# [EXERCISE INSTRUCTIONS]
The entries that follow include a run beginning at the line with "true. It asks" and ending at the line with "(memory_length ≤ length"; restate that run word for word and leave the rest out.

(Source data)
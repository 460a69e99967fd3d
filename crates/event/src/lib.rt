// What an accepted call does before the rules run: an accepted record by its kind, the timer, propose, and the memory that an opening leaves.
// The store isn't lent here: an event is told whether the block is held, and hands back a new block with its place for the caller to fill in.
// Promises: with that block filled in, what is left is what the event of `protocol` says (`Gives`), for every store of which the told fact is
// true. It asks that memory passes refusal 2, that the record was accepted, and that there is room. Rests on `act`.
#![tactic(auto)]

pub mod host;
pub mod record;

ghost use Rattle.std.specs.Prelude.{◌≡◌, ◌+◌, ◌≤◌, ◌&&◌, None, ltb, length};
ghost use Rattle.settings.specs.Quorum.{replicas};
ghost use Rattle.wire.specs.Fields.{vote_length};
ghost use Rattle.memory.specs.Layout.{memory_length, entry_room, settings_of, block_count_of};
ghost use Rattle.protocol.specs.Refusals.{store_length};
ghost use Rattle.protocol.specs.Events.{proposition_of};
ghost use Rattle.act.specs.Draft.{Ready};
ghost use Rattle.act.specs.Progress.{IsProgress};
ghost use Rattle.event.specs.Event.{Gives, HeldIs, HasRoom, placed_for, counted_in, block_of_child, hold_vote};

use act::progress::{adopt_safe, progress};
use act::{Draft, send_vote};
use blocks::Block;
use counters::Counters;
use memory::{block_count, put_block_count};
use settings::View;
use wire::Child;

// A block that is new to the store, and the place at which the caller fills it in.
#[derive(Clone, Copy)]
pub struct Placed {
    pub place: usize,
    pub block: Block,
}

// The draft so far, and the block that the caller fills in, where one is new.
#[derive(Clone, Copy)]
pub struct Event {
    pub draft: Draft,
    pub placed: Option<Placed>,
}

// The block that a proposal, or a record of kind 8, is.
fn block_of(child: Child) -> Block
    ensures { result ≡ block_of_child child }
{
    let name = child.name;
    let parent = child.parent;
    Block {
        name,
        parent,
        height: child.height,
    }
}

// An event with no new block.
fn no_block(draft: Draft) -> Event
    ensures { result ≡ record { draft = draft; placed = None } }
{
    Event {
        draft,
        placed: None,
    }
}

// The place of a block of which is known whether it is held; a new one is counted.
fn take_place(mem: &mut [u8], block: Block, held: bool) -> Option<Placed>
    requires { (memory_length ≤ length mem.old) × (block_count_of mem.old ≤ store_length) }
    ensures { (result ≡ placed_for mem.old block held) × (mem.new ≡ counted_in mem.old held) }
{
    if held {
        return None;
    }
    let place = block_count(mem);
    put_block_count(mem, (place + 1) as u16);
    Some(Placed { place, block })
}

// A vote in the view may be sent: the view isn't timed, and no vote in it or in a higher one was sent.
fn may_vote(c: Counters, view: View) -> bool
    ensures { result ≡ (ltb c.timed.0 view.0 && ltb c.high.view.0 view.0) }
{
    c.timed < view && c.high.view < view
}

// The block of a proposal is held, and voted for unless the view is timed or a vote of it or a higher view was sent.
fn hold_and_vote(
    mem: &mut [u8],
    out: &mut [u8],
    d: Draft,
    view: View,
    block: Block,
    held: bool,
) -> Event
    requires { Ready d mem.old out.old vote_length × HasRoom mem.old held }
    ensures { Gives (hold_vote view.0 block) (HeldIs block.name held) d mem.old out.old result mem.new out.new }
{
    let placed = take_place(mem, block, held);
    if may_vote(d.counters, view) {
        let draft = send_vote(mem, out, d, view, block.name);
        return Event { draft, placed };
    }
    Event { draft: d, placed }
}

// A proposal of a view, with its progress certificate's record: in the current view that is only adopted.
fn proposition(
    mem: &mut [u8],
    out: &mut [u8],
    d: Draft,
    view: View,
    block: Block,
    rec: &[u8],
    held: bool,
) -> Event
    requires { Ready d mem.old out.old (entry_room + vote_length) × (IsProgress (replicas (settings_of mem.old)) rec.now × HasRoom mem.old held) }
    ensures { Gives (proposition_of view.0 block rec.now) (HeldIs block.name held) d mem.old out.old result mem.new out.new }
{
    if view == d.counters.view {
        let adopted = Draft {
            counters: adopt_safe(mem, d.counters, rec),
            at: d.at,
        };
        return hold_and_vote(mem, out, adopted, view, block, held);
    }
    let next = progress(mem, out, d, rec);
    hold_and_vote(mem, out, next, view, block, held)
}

# [REPLY]
// true. It asks that memory passes refusal 2, that the record was accepted, and that there is room. Rests on `act`.
#![tactic(auto)]

pub mod host;
pub mod record;

ghost use Rattle.std.specs.Prelude.{◌≡◌, ◌+◌, ◌≤◌, ◌&&◌, None, ltb, length};
ghost use Rattle.settings.specs.Quorum.{replicas};
ghost use Rattle.wire.specs.Fields.{vote_length};
ghost use Rattle.memory.specs.Layout.{memory_length, entry_room, settings_of, block_count_of};
ghost use Rattle.protocol.specs.Refusals.{store_length};
ghost use Rattle.protocol.specs.Events.{proposition_of};
ghost use Rattle.act.specs.Draft.{Ready};
ghost use Rattle.act.specs.Progress.{IsProgress};
ghost use Rattle.event.specs.Event.{Gives, HeldIs, HasRoom, placed_for, counted_in, block_of_child, hold_vote};

use act::progress::{adopt_safe, progress};
use act::{Draft, send_vote};
use blocks::Block;
use counters::Counters;
use memory::{block_count, put_block_count};
use settings::View;
use wire::Child;

// A block that is new to the store, and the place at which the caller fills it in.
#[derive(Clone, Copy)]
pub struct Placed {
    pub place: usize,
    pub block: Block,
}

// The draft so far, and the block that the caller fills in, where one is new.
#[derive(Clone, Copy)]
pub struct Event {
    pub draft: Draft,
    pub placed: Option<Placed>,
}

// The block that a proposal, or a record of kind 8, is.
fn block_of(child: Child) -> Block
    ensures { result ≡ block_of_child child }
{
    let name = child.name;
    let parent = child.parent;
    Block {
        name,
        parent,
        height: child.height,
    }
}

// An event with no new block.
fn no_block(draft: Draft) -> Event
    ensures { result ≡ record { draft = draft; placed = None } }
{
    Event {
        draft,
        placed: None,
    }
}

// The place of a block of which is known whether it is held; a new one is counted.
fn take_place(mem: &mut [u8], block: Block, held: bool) -> Option<Placed>
    requires { (memory_length ≤ length mem.old) × (block_count_of mem.old ≤ store_length) }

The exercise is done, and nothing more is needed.